Wow great kill. Who gives a ****...yes you can build a faster car...and for more money ect. But is that not the point of some of us doing what we do?...cause we know there are faster cars to be built or bought out there...that is not what it is always about...you are missing the point here kids. It is using what you have... it is driving what you like....
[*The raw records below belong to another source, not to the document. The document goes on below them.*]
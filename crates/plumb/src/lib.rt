// The plumb line: the heights at which a line dropped at a whole x and y meets the hull of a touch list.
#![tactic(auto)]

mod bounds;
mod fractions;

ghost use Rattle.std.specs.Prelude.{◌≡◌, ◌≤◌};
ghost use Rattle.touches.specs.Limits.{most_touches};
ghost use Rattle.rules.specs.Plumb.{between, reading_of};
ghost use Rattle.cover.specs.Room.{enough};
ghost use Rattle.table.specs.Table.{room};
ghost use Rattle.plumb.specs.Fractions.{ratio};
ghost use Rattle.plumb.specs.Bounds.{bounds_of};
ghost use Rattle.plumb.specs.Plumb.{rounded, plumbed_by, plumbed};

use crate::bounds::{Bounds, tightest};
use crate::fractions::Fraction;
use std::cmp::Ordering;
use touches::{Place, Point, Refusal, TouchList};

// The line misses, touches at a height, or enters at the upper height and leaves at the lower one.
#[derive(Clone, Copy)]
pub enum Plumbed {
    Misses,
    Touches(f64),
    Through(f64, f64),
}

// Both numbers are held exactly and divided once. The bottom is above 0, so a zero is plus zero.
fn height(f: Fraction) -> f64
    ensures { result ≡ rounded (ratio f) }
{
    f.top as f64 / f.bottom as f64
}

// From the bound above to the bound below.
fn between(u: Fraction, l: Fraction) -> Plumbed
    ensures { result ≡ plumbed_by (between (ratio u) (ratio l)) }
{
    match l.cmp(&u) {
        Ordering::Less => Plumbed::Through(height(u), height(l)),
        Ordering::Equal => Plumbed::Touches(height(u)),
        Ordering::Greater => Plumbed::Misses,
    }
}

fn reading(b: Bounds) -> Plumbed
    ensures { result ≡ plumbed_by (reading_of (bounds_of b)) }
{
    match (b.admits, b.above, b.below) {
        (true, Some(u), Some(l)) => between(u, l),
        _ => Plumbed::Misses,
    }
}

// With a table that is enough for every hull.
fn plumb_in(faces: &mut [u16], coords: &[i32], x: i64, y: i64) -> Result<Plumbed, Refusal>
    requires { enough most_touches ≤ room faces.old }
    ensures { result ≡ plumbed coords.now x y }
{
    let hull = hull::build::build(coords, faces)?;
    let q = Place::try_from(Point { x, y, z: 0 })?;
    // Building has checked the list.
    let list = TouchList { lent: coords };
    let end = table::numbers_of(hull.faces);
    Ok(reading(tightest(&list, &faces[..end], q)))
}

// Refusals 1, 2, 3, 4, 7.
pub fn plumb(coords: &[i32], x: i64, y: i64) -> Result<Plumbed, Refusal>
    ensures { result ≡ plumbed coords.now x y }
{
    let mut faces = [0u16; table::ENOUGH];
    plumb_in(&mut faces, coords, x, y)
}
Its and old VW!... and seriously...Z06 or not...that **** is fuuuuuunnnyyy:thumbup::thumbup:


Kinda funny I was juuuust talking about situations like this....
http://forums.vwvortex.com/showthread.php?4992977-Mandrel-bent-exhaust-in-WA...who-does-it


Funny vid...good post:thumbup:


----------



## dub_slug (May 12, 2008)

My GTI was built with my owns two hands( and a few others) ....Not bought with a stack of mid-life crisis cash 

Hope to have more videos up soon!


----------



## Juiced6 (Feb 1, 2004)

dub_slug said:


> My GTI was built with my owns two hands( and a few others) ....Not bought with a stack of mid-life crisis cash
> 
> Hope to have more videos up soon!


i built my first one - found it cheaper to buy them so thats what i did the next time


----------



## dub_slug (May 12, 2008)

Yea I'll probably be buying my third vrt as well. But i was referring more to those people who buy a corvette or something with a similar price tag....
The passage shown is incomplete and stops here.